Traumatic spinal cord injury (TSCI) is a life altering event most often causing permanent physical disability. Little is known about the risk of developing Alzheimer disease and related dementia (ADRD) among middle-aged and older adults living with TSCI. Time to diagnosis of and adjusted hazard for ADRD was assessed.

Design

Cohort study.

Setting

Using 2007-2017 claims data from the Optum Clinformatics Data Mart, we identified adults (45+) with diagnosis of TSCI (n=7019). Adults without TSCI diagnosis were included as comparators (n=916,516). Using age, sex, race/ethnicity, cardiometabolic, psychological, and musculoskeletal chronic conditions, US Census division, and socioeconomic variables, we propensity score matched persons with and without TSCI (n=6083). Incidence estimates of ADRD were compared at 4 years of enrollment. Survival models were used to quantify unadjusted, fully adjusted, and propensity-matched unadjusted and adjusted hazard ratios (HRs) for incident ADRD.

Participants

Adults with and without TSCI (N=6083).

Intervention

Not applicable.

Main Outcomes Measures

Diagnosis of ADRD.

Results

Both middle-aged and older adults with TSCI had higher incident ADRD compared to those without TSCI (0.5% vs 0.2% and 11.7% vs 3.3% among 45-64 and 65+ y old unmatched cohorts, respectively) (0.5% vs 0.3% and 10.6% vs 6.2% among 45-64 and 65+ y old matched cohorts, respectively).

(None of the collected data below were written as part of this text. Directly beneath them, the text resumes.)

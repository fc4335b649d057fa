//! Turns of a lamp that waits.

ghost use Rattle.std.specs.Prelude.{◌≡◌, ◌≤◌, true};
ghost use Rattle.qp_model.specs.Sound.{IsSound};
ghost use Rattle.qp_port_lanes.specs.At.{HasEmptyLane, IsHome, IsUnstartedHome};
ghost use Rattle.qp_shared.specs.Starting.{IsRootOf};
ghost use Rattle.qp_wait.specs.Handed as handed;
ghost use Rattle.qp_wait.specs.Handed.{AreBellsOf, bell_view};
ghost use Rattle.qp_shared_tests.specs.Lamps.{IsLamp};

use crate::lamps::{is_lamp, lamp};
use crate::lanes::triple;
use crate::shown::shown_behind;
use qp_base::NoGate;
use qp_dispatch::{Step, Turn};
use qp_model::System;
use qp_port_lanes::Home;
use qp_shared::{Root, Shared};
use qp_told::Told;
use qp_wait::{BellLane, BellRoot, Bells, wait_turn};
use std::alloc::Global;
use std::sync::Wait;

/// How many entries the lamp takes at most.
const BUDGET: u32 = 100_000;

/// Whether the lamp started in its lane.
fn starts(lane: &mut BellLane<'_>, sys: &System, home: &mut Home) -> bool
    requires sound { IsSound sys.now }
    requires made { IsUnstartedHome sys.now 1 home.old }
    requires empty { HasEmptyLane sys.now 1 (bell_view lane.old) }
    ensures { result ≡ true → IsHome sys.now 100000 home.new (bell_view lane.new) }
{
    match home.start(&mut lane.ringing, sys) {
        Step::Done => true,
        _ => false,
    }
}

/// The lamp takes its turn. Whether that came to its end.
fn waits<R: Wait>(rt: &R, lane: &mut BellLane<'_>, sys: &System, home: &mut Home) -> bool
    requires sound { IsSound sys.now }
    requires knows { IsHome sys.now 100000 home.old (bell_view lane.old) }
{
    let mut told = Told::new(&NoGate);
    match wait_turn(rt, lane, sys, home, 1, BUDGET, &mut told) {
        Turn::Idle => true,
        _ => false,
    }
}

/// The lamp starts in its lane and takes its turn. Whether both came to their end.
fn is_over<R: Wait>(rt: &R, alloc: Global, sys: &System, lane: &mut BellLane<'_>) -> bool
    requires sound { IsSound sys.now }
    requires empty { HasEmptyLane sys.now 1 (bell_view lane.old) }
{
    let Ok(mut home) = Home::new(alloc, sys, 1) else {
        return false;
    };
    if !starts(lane, sys, &mut home) {
        return false;
    }
    waits(rt, lane, sys, &mut home)
}

/// How many parks the lamp's lane made in its turn, and its records behind it.
fn seen_in<R: Wait>(rt: &R, alloc: Global, sys: &System, lane: &mut BellLane<'_>) -> Option<String>
    requires sound { IsSound sys.now }
    requires empty { HasEmptyLane sys.now 1 (bell_view lane.old) }
{
    if !is_over(rt, alloc, sys, lane) {
        return None;
    }
    let parks = lane.parks().len() as u64;
    Some(shown_behind(alloc, &[parks], lane.records()))
}

/// The same of a turn over an empty queue, with nothing on the count, over these tables and bells.
fn seen_over<'a, R: Wait>(
    rt: &R,
    alloc: Global,
    sys: &System,
    shared: &'a Shared<'_>,
    root: Root,
    bells: &'a Bells,
    bell_root: &mut BellRoot,
) -> Option<String>
    requires sound { IsSound sys.now }
    requires root { IsRootOf shared.now root }
    requires its { shared.now.sys.now ≡ sys.now }
    requires lamp { IsLamp sys.now }
    requires bells { AreBellsOf sys.now bells.now }
    requires bell_root { handed.IsBellRootOf bells.now bell_root.old }
{
    let (_, second, _) = triple(shared, root, sys)?;
    let Ok(mut lane) = bells.bell(alloc, bell_root, second, 1) else {
        return None;
    };
    seen_in(rt, alloc, sys, &mut lane)
}

/// The same over tables and bells of a lamp.
fn seen_once<R: Wait>(rt: &R, alloc: Global, sys: &System) -> Option<String>
    requires sound { IsSound sys.now }
    requires lamp { IsLamp sys.now }
{
    let Ok((shared, root)) = Shared::new(alloc, sys) else {
        return None;
    };
    let Ok((bells, mut bell_root)) = Bells::new(alloc, sys) else {
        return None;
    };
    seen_over(rt, alloc, sys, &shared, root, &bells, &mut bell_root)
}

/// The same of a new lamp.
fn seen<R: Wait>(rt: &R, alloc: Global) -> Option<String> {
    let sys = lamp(alloc, 1)?;
    if is_lamp(&sys) {
        seen_once(rt, alloc, &sys)
    } else {
        None
    }
}

#[test]
fn a_turn_over_an_empty_queue_is_over(rt: HostRuntime) {
    let seen = seen(&rt, rt.alloc());
    assert_eq!(rt;
        seen.as_deref(),
        Some(" 0: begin 1, enter 1 1, done 1, nil 1 0 0 0")
    );
}
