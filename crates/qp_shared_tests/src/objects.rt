//! Objects of a system.

ghost use Rattle.std.specs.Prelude.{◌≡◌, ◌==◌, false, slice_get, true};
ghost use Rattle.std.specs.Option.{option_map_or};
ghost use Rattle.qp_model.specs.WordLaw.{is_object};

use qp_model::System;

/// Whether the system has an object of this priority.
#[tactic(auto, unfolding(qp_model::specs::WordLaw::is_object))]
pub(crate) fn has_object(sys: &System, p: u8) -> bool
    ensures { result ≡ is_object sys.now p }
{
    sys.object_at(u64::from(p)).is_some()
}

/// Whether the object at this place has this priority.
pub(crate) fn stands_at(sys: &System, place: usize, p: u8) -> bool
    ensures { result ≡ true → option_map_or (λ d. d.priority == p) (slice_get sys.now.objects place) false ≡ true }
{
    match sys.objects.items.get(place) {
        Some(d) => d.priority == p,
        None => false,
    }
}
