//! Tests of the tables that threads share: worked examples over lanes on one thread, each call of a lane, and posts and takes of lanes on
//! threads beside one another. Of the waiting port: single calls of its lanes, and a turn over an empty queue. Of the side table by itself: each
//! call of a seat, and the end of two seats. And rows of workers, and schedules of the core's steps.
//!
//! They stand beside the crates that they are of, over their public calls, so that none of those is proved a second time for them.
#![tactic(auto)]

#[cfg(test)]
mod calls;
#[cfg(test)]
mod events;
#[cfg(test)]
mod judged;
#[cfg(test)]
mod kernel;
#[cfg(test)]
mod lamps;
#[cfg(test)]
mod lanes;
#[cfg(test)]
mod objects;
#[cfg(test)]
mod players;
#[cfg(test)]
mod posts;
#[cfg(test)]
mod rings;
#[cfg(test)]
mod rows;
#[cfg(test)]
mod schedules;
#[cfg(test)]
mod seats;
#[cfg(test)]
mod shown;
#[cfg(test)]
mod sides;
#[cfg(test)]
mod stops;
#[cfg(test)]
mod systems;
#[cfg(test)]
mod turns;
#[cfg(test)]
mod workers;
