//! Rows of no worker, of one, and of several, each of which takes one turn in a thread of its own.

ghost use Rattle.std.specs.Prelude.{◌≡◌, ◌+◌, ◌<◌};

use qp_port_phases::{Manner, run_lanes};
use std::sync::Wait;

/// Counts its turns.
#[derive(Drop)]
struct Counter {
    turns: u32,
}

/// Each counts one turn.
#[derive(Clone, Copy)]
struct Once;

impl Manner<Counter> for Once {
    ghost ready = { λ how w. w.turns < 1000 };

    ghost turned = { λ how v w. w.turns ≡ v.turns + 1 };

    fn turn<R: Wait>(&self, rt: &R, worker: &mut Counter) {
        let _ = rt;
        worker.turns += 1;
    }
}

#[test]
fn each_in_its_place(rt: HostRuntime) {
    let mut workers = [
        Counter { turns: 0 },
        Counter { turns: 10 },
        Counter { turns: 20 },
        Counter { turns: 30 },
        Counter { turns: 40 },
    ];
    run_lanes(&rt, &Once, &mut workers);
    for (k, worker) in workers.iter().enumerate() {
        assert_eq!(rt; worker.turns as usize, 10 * k + 1);
    }
}

#[test]
fn one_worker_or_none(rt: HostRuntime) {
    let mut one = [Counter { turns: 7 }];
    run_lanes(&rt, &Once, &mut one);
    assert_eq!(rt; one[0].turns, 8);
    run_lanes(&rt, &Once, &mut one[1..]);
    assert_eq!(rt; one[0].turns, 8);
}
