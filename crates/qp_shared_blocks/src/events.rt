//! The event of a reference, read in place.

ghost use Rattle.std.specs.Prelude.{◌≡◌, ◌<◌, length, slice_get, Some};
ghost use Rattle.qp_model.specs.Record.{entry};
ghost use Rattle.qp_calls.specs.Clauses.{IsEvent, StandsHold};
ghost use Rattle.qp_shared_lane.specs.Lane.{state_view};

use qp_calls::Hold;
use qp_shared_lane::LaneState;
use qp_shared_words::blocks::read_event;

/// The signal of the event.
pub fn sig(lane: &mut LaneState<'_>, h: &Hold) -> u16
    requires stands { StandsHold h.now (state_view lane.old) }
    ensures value { result ≡ ((state_view lane.old).event (entry h.now.pool h.now.block h.now.name)).sig }
    ensures event { IsEvent (state_view lane.old).sys ((state_view lane.old).event (entry h.now.pool h.now.block h.now.name)) }
    ensures stays { state_view lane.new ≡ state_view lane.old }
{
    let (pool, block, name) = (h.pool(), h.block(), h.name());
    let found = read_event(lane.words, &mut lane.seat, pool, block, name, 0);
    (found % 65536) as u16
}

/// Parameter `j` of the event, from 0.
pub fn par(lane: &mut LaneState<'_>, h: &Hold, j: usize) -> u64
    requires stands { StandsHold h.now (state_view lane.old) }
    requires within { j < length ((state_view lane.old).event (entry h.now.pool h.now.block h.now.name)).pars }
    ensures value { slice_get ((state_view lane.old).event (entry h.now.pool h.now.block h.now.name)).pars j ≡ Some result }
    ensures stays { state_view lane.new ≡ state_view lane.old }
{
    let (pool, block, name) = (h.pool(), h.block(), h.name());
    // An event has at most eight parameters, behind its signal.
    let place = j.min(7) as u8 + 1;
    read_event(lane.words, &mut lane.seat, pool, block, name, place)
}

Fully adjusted survival models indicated that adults with TSCI had a greater hazard for ADRD (among 45-64y old: unmatched HR: 3.19 [95% confidence interval, 95% CI, 2.30-4.44], matched HR: 1.93 [95% CI, 1.06-3.51]; among 65+ years old: unmatched HR: 1.90 [95% CI, 1.77-2.04], matched HR: 1.77 [1.55-2.02]).

Conclusions

Adults with TSCI are at a heightened risk for ADRD. Improved clinical screening and early interventions aiming to preserve cognitive function are of paramount importance for this patient cohort.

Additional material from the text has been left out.